» **TASK GOAL**
Please copy each line in the records below that contains the string "proposals".

» **RECORDS FOR PROCESSING**
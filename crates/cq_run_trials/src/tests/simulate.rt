//! Small captures through switches of one and three ports.
ghost use Rattle.std.specs.Prelude.{◌≡◌, ◌≤◌, length};
ghost use Rattle.cq_base.specs.Limits.{longest_file};
ghost use Rattle.cq_route.specs.Tables.{ports_of};
ghost use Rattle.cq_cells.specs.Scheduled.{schedule_of};
ghost use Rattle.cq_simulate.specs.Packets.{HaveLeftOf};
ghost use Rattle.cq_simulate.specs.ScheduleFor.{IsScheduleFor};

use super::given::{Come, Given, Switch, Trial, shows};
use cq_base::{Departure, Port, TagFault, Transfer};
use cq_crew::OpenGate;
use cq_pcap::{OutPacket, PacketRow, read_capture};
use cq_simulate::{
    FabricRun, IdealRun, Packing, Refused, RunRefusal, packets_of, packets_of_all, run_fabric,
    run_ideal, run_ideal_packed, runs_leave_whole_packets,
};
use std::alloc::Global;
use std::thread::Threads;

/// Of a departure the slot, the output, and the cell by input, packet and number.
type Sent = (u64, u16, u16, u32, u32);

/// Of a transfer the slot, the phase, the input, the output and the packet.
type Crossed = (u64, u8, u16, u16, u32);

/// Of a packet that leaves the stamp, the length on the wire, and how many bytes were captured.
type Left = (u128, u32, usize);

/// What a switch is to show.
#[derive(Clone, Copy)]
enum Shown<'a> {
    /// The ideal switch and the fabric take so many slots, and these cells leave.
    Trace(u64, &'a [Sent]),
    /// Both stop at this fault.
    Fault(TagFault),
    /// The fabric makes so many proposals, and these cells cross it.
    Log(u64, &'a [Crossed]),
    /// The fabric refuses these.
    Refused(&'a [Refused]),
    /// These packets leave the output, both where they are put together for it alone and where those of all outputs
    /// are in one pass.
    Packets(Port, &'a [Left]),
}

// A run: the switch, the packets that come to its inputs, and what it is to show.
type Run = (Switch, &'static [&'static [Come]], Shown<'static>);

impl<'a> Trial for Shown<'a> {
    fn is_seen<R: Threads + Sync>(&self, rt: &R, alloc: Global, given: Given) -> bool {
        let Shown::Packets(output, left) = *self else {
            return is_seen_ideally(alloc, given, *self) && is_kept(rt, alloc, given, *self);
        };
        let Ok(run) = run_ideal(alloc, given.tables, given.schedule) else {
            return false;
        };
        runs_leave_whole_packets();
        leave_alone(alloc, given, run.sent.items(), output, left)
            && leave_in_one_pass(alloc, given, output, left)
    }
}

// Whether a run that has no result shows it.
fn is_stopped(refusal: RunRefusal, shown: Shown) -> bool {
    match shown {
        Shown::Fault(fault) => refusal == RunRefusal::Tag(fault),
        _ => false,
    }
}

// Whether the run of the ideal switch shows it, where that is to show something.
fn is_seen_ideally(alloc: Global, given: Given, shown: Shown) -> bool
    requires { IsScheduleFor given.tables.now given.schedule.now }
{
    match run_ideal(alloc, given.tables, given.schedule) {
        Ok(run) => shows_ideally(&run, shown),
        Err(refusal) => is_stopped(refusal, shown),
    }
}

fn shows_ideally(run: &IdealRun, shown: Shown) -> bool {
    match shown {
        Shown::Trace(slots, sent) => run.slots == slots && are(run.sent.items(), sent),
        Shown::Fault(_) => false,
        _ => true,
    }
}

// Whether the run of the fabric shows it.
fn is_kept<R: Threads + Sync>(rt: &R, alloc: Global, given: Given, shown: Shown) -> bool
    requires { IsScheduleFor given.tables.now given.schedule.now }
{
    match run_fabric(rt, alloc, given.tables, given.schedule, &OpenGate) {
        Ok(run) => keeps(&run, shown),
        Err(refusal) => is_stopped(refusal, shown),
    }
}

fn keeps(run: &FabricRun, shown: Shown) -> bool {
    match shown {
        Shown::Trace(slots, sent) => run.figures.slots == slots && are(run.sent.items(), sent),
        Shown::Log(proposals, log) => {
            run.figures.proposals == proposals && are(run.note.items(), log)
        }
        Shown::Refused(refused) => run.refused.as_slice() == refused,
        _ => false,
    }
}

// Whether these packets leave the output, where they are put together of what departs for it alone.
fn leave_alone(alloc: Global, given: Given, sent: &[Departure], output: Port, left: &[Left]) -> bool
    requires { HaveLeftOf given.tables.now given.captures.now sent.now given.schedule.now.t0 }
{
    let t0 = given.schedule.t0();
    match packets_of(alloc, output, sent, given.captures, given.tables, t0) {
        Ok(packets) => are(&packets, left),
        Err(_) => false,
    }
}

// Whether they do where those of all outputs are put together in one pass.
fn leave_in_one_pass(alloc: Global, given: Given, output: Port, left: &[Left]) -> bool
    requires captures { length given.captures.now ≡ ports_of given.tables.now.setup }
    requires came { given.schedule.now ≡ schedule_of given.tables.now given.captures.now }
    requires schedule { IsScheduleFor given.tables.now given.schedule.now }
{
    let Ok(sent) = run_ideal_packed(alloc, given.tables, given.schedule) else {
        return false;
    };
    runs_leave_whole_packets();
    let t0 = given.schedule.t0();
    match packets_of_all(alloc, sent, given.captures, given.tables, t0) {
        Ok(places) => are_packed(alloc, &places, output, left),
        Err(_) => false,
    }
}

// Whether they stand at the place of the output.
fn are_packed(alloc: Global, places: &[Packing], output: Port, left: &[Left]) -> bool {
    match places.get(output as usize) {
        Some(place) => hold(alloc, &place.bytes, left),
        None => false,
    }
}

// What can be told in short.
trait IsTold<T> {
    fn is(&self, told: &T) -> bool;
}

impl IsTold<Sent> for Departure {
    fn is(&self, told: &Sent) -> bool {
        let id = self.queued.cell.id;
        (self.slot, self.output, id.input, id.packet, id.index) == *told
    }
}

impl IsTold<Crossed> for Transfer {
    fn is(&self, told: &Crossed) -> bool {
        (
            self.slot,
            self.phase,
            self.input,
            self.output,
            self.id.packet,
        ) == *told
    }
}

impl IsTold<Left> for OutPacket {
    fn is(&self, told: &Left) -> bool {
        (self.stamp, self.original, self.body.as_slice().len()) == *told
    }
}

impl IsTold<Left> for PacketRow {
    fn is(&self, told: &Left) -> bool {
        (u128::from(self.stamp), self.original, self.len as usize) == *told
    }
}

// Whether these are told so, one after the other.
fn are<T: IsTold<U>, U>(found: &[T], told: &[U]) -> bool {
    if found.len() != told.len() {
        return false;
    }
    for (one, so) in found.iter().zip(told) {
        if !one.is(so) {
            return false;
        }
    }
    true
}

// Whether the bytes are a capture of such packets.
fn hold(alloc: Global, bytes: &[u8], left: &[Left]) -> bool {
    if bytes.len() > 1 << 28 {
        return false;
    }
    match bytes.to_vec(alloc) {
        Ok(bytes) => is_capture_of(alloc, bytes, left),
        Err(_) => false,
    }
}

fn is_capture_of(alloc: Global, bytes: Vec<u8>, left: &[Left]) -> bool
    requires { length bytes.items ≤ longest_file }
{
    match read_capture(alloc, bytes) {
        Ok(capture) => are(capture.rows(), left),
        Err(_) => false,
    }
}

const TOGETHER: &[Come] = &[(0, 64, 0), (0, 65, 0), (0, 128, 0)];

// Cells of three inputs come for output 0, and one slot later a cell of input 2 for output 1.
const WAITING: &[&[Come]] = &[&[(0, 60, 0)], &[(0, 60, 0)], &[(0, 60, 0), (512, 60, 1)]];

// What leaves of these.
const WAITED: &[Sent] = &[
    (0, 0, 0, 0, 0),
    (1, 0, 1, 0, 0),
    (1, 1, 2, 1, 0),
    (2, 0, 2, 0, 0),
];

// What crosses of these, to an output one cell a phase.
const CROSSED: &[Crossed] = &[
    (0, 1, 0, 0, 0),
    (0, 2, 1, 0, 0),
    (1, 1, 2, 1, 1),
    (1, 2, 2, 0, 0),
];

// The two cells of input 1 come in slots 0 and 1, and output 0, which one cell fills, is empty in slot 1. The run goes
// on to slot 5, in which the next packet finds room.
const CROWDING: &[&[Come]] = &[&[(0, 60, 0)], &[(0, 128, 0), (2560, 60, 0)], &[]];

const RUNS: &[Run] = &[
    // Packets pass one line as they came.
    (
        Switch::OnePort,
        &[TOGETHER],
        Shown::Packets(0, &[(0, 68, 64), (1024, 69, 65), (2048, 132, 128)]),
    ),
    // No packet comes.
    (Switch::OnePort, &[&[]], Shown::Trace(0, &[])),
    // Cells wait for their output after the last has arrived.
    (Switch::ThreePorts, WAITING, Shown::Trace(3, WAITED)),
    // Of those cells one crosses to an output in a phase.
    (Switch::ThreePorts, WAITING, Shown::Log(7, CROSSED)),
    // Of those packets three leave output 0.
    (
        Switch::ThreePorts,
        WAITING,
        Shown::Packets(0, &[(0, 64, 60), (512, 64, 60), (1024, 64, 60)]),
    ),
    // Of those packets one leaves output 1.
    (
        Switch::ThreePorts,
        WAITING,
        Shown::Packets(1, &[(512, 64, 60)]),
    ),
    // Of those packets none leaves output 2.
    (Switch::ThreePorts, WAITING, Shown::Packets(2, &[])),
    // Packets leave by their last cells.
    (
        Switch::ThreePorts,
        &[&[(1000, 200, 0)], &[(1000, 60, 0)], &[]],
        Shown::Packets(0, &[(1512, 64, 60), (3048, 204, 200)]),
    ),
    // A rank that does not fit stops the run.
    (
        Switch::DearPort,
        &[&[(0, 60, 0), (512, 60, 0)]],
        Shown::Fault(TagFault {
            slot: 1,
            input: 0,
            output: 0,
        }),
    ),
    // A rank fits again after a slot in which nothing is sent.
    (
        Switch::DearPort,
        &[&[(0, 60, 0), (1024, 60, 0)]],
        Shown::Trace(3, &[(0, 0, 0, 0, 0), (2, 0, 0, 1, 0)]),
    ),
    // A packet that finds its output full does not leave.
    (
        Switch::ThreeLimitedPorts,
        CROWDING,
        Shown::Trace(6, &[(0, 0, 0, 0, 0), (5, 0, 1, 1, 0)]),
    ),
    // A packet that finds its output full is not written.
    (
        Switch::ThreeLimitedPorts,
        CROWDING,
        Shown::Packets(0, &[(0, 64, 60), (2560, 64, 60)]),
    ),
    // A packet that finds its output full is refused whole.
    (
        Switch::ThreeLimitedPorts,
        CROWDING,
        Shown::Refused(&[Refused {
            output: 0,
            limit: 1,
            packets: 1,
            cells: 2,
        }]),
    ),
    // The slots end with the last departure where the rest is refused.
    (
        Switch::ThreeLimitedPorts,
        &[&[(0, 60, 0)], &[(0, 200, 0)], &[]],
        Shown::Trace(1, &[(0, 0, 0, 0, 0)]),
    ),
];

#[test]
fn each_run_shows_what_it_is_to(rt: HostRuntime) {
    for (switch, inputs, shown) in RUNS {
        assert!(rt; shows(&rt, rt.alloc(), *switch, inputs, shown));
    }
}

» **EXERCISE RESULT**
    /// The fabric makes so many proposals, and these cells cross it.
        Shown::Log(proposals, log) => {
            run.figures.proposals == proposals && are(run.note.items(), log)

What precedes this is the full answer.